Figure 8 and Figure 9 show the calculation results of radius of gyration 〈R_g〉 and mean-squared end-to-end distance 〈R_ete²〉 at different shear rates. It can be seen from the figure that with the increase in shear rate, the variation trend of 〈R_g〉 and 〈R_ete²〉 is similar, i.e., with the increase in shear rate, both of them increase sharply first and then reach a plateau, indicating that with the increase in shear rate, the curled and entangled polymer molecules in solutions are rapidly stretched. When the shear rate reaches a certain level, the entanglement between polymer chains is almost destroyed, and the extension degree of polymer chains reaches its limit. Due to a longer chain of polymers in the ns60np9 solution, the 〈R_g〉 and 〈R_ete²〉 of the ns60np9 solution are larger than those of the other two solutions.
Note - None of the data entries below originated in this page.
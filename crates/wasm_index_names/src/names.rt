ghost use Rattle.std.specs.Prelude.{◌≡◌, map, string_bytes};
ghost use Rattle.wasm_index_names.specs.Lists.{name_at, local_at, locals_of};

use crate::giving::GivenNames;
use crate::list::name_at;
use std::marker::Model;

/// The names of a module's things by index, as they are shown; some may be empty.
#[derive(Drop)]
pub struct Names {
    pub functions: Vec<String>,
    pub given: GivenNames,
}

impl Model for Names {
    ghost use Rattle.std.specs.Prelude.{map, string_bytes};
    ghost use Rattle.wasm_index_names.specs.Known.{ModuleNames, names_of};

    ghost Value = { ModuleNames };

    ghost view = { λ n. names_of (map string_bytes n.functions.items) n.given };
}

impl Names {
    /// Returns the name of the function with this index.
    pub fn function(&self, index: u32) -> &str
        ensures { result.now ≡ name_at self.now.functions index }
    {
        name_at(self.functions.as_slice(), index)
    }

    /// Returns the name of the type with this index.
    pub fn ty(&self, index: u32) -> &str
        ensures { result.now ≡ name_at self.now.types index }
    {
        self.given.types.get(index)
    }

    /// Returns the name of the table with this index.
    pub fn table(&self, index: u32) -> &str
        ensures { result.now ≡ name_at self.now.tables index }
    {
        self.given.tables.get(index)
    }

    /// Returns the name of the global with this index.
    pub fn global(&self, index: u32) -> &str
        ensures { result.now ≡ name_at self.now.globals index }
    {
        self.given.globals.get(index)
    }

    /// Returns the name of the tag with this index.
    pub fn tag(&self, index: u32) -> &str
        ensures { result.now ≡ name_at self.now.tags index }
    {
        self.given.tags.get(index)
    }

    /// Returns the name of the data segment with this index.
    pub fn segment(&self, index: u32) -> &str
        ensures { result.now ≡ name_at self.now.segments index }
    {
        self.given.segments.get(index)
    }

    /// Returns the name of a local of the function with this index.
    pub fn local(&self, function: u32, index: u32) -> &str
        ensures { result.now ≡ local_at (locals_of self.now.locals function) index }
    {
        self.given.locals.get(function, index)
    }
}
The variation of the normalized root-mean-squared end-to-end distance 〈R_ete〉/L with shear rate for different solutions is plotted in Figure 10, where L represents the length of fully stretched polymers. It can be seen that for all three systems, with the increase in shear rate, 〈R_ete〉/L increases sharply first and finally reaches a plateau. The value of the plateau region for the ns36np5 solution is close to 0.5, which is consistent with the results obtained by Xu et al. [38]. However, the value of the plateau region for the ns36np15 and ns60np9 solutions is slightly smaller, which is due to the fact that when the concentration or the chain length of polymers increase, the repulsive force between different polymer chains is stronger than that between different segments of the same polymer chain, resulting in incomplete stretching of polymers.

4. Conclusions

In this paper, the coarse-grained molecular dynamics method was used to study the rheological behavior of DRA—kerosene solutions and the conformational change of polymer molecules under steady shear flow conditions. The results show that DRA molecules in the solutions are easy to entangle and form network-like structures at low shear rates and that the degree of entanglement increases with the increase in the concentration and molecular weight of the polymer. This entanglement phenomenon increases the resistance to the motion of kerosene molecules, resulting in an increase in solution viscosity at low shear rates. With an increase in shear rate, the polymer molecules tend to be oriented along the flow direction and their molecular structure changes from a roughly ellipsoid form to a form alternating between curling and stretching, which is manifested by a sharp increase in the mean-squared end-to-end distance and the radius of gyration of polymers. At high shear rates, the network structures between polymer molecules are destroyed and the flow resistance decreases, so the shear viscosities of the solutions decrease greatly compared to those at low shear rates. With further increase in shear rate, the orientation of polymer chains is basically close to the limit state and the entanglement between molecules is completely destroyed. Correspondingly, the radius of gyration and the mean-squared end-to-end distance of polymers finally reach a plateau region. At this stage, the viscosities of DRA–kerosene solutions are consistent with that of pure rocket kerosene. The simulation results provide insight into the relation between the morphologic change of DRA molecules and the rheological properties of rocket kerosene solutions and have guiding significance for the application of DRA in aerospace working fluids.

Future research should focus on the mechanism of drag reduction of rocket kerosene and the exploration of better molecular structures of DRA. Meanwhile, rocket kerosene also plays a role as a coolant in regenerative cooling engines, and the addition of DRA will affect the heat transfer capacity of rocket kerosene. Therefore, it is also important to study the relationship between drag reduction and heat transfer in DRA–kerosene solutions.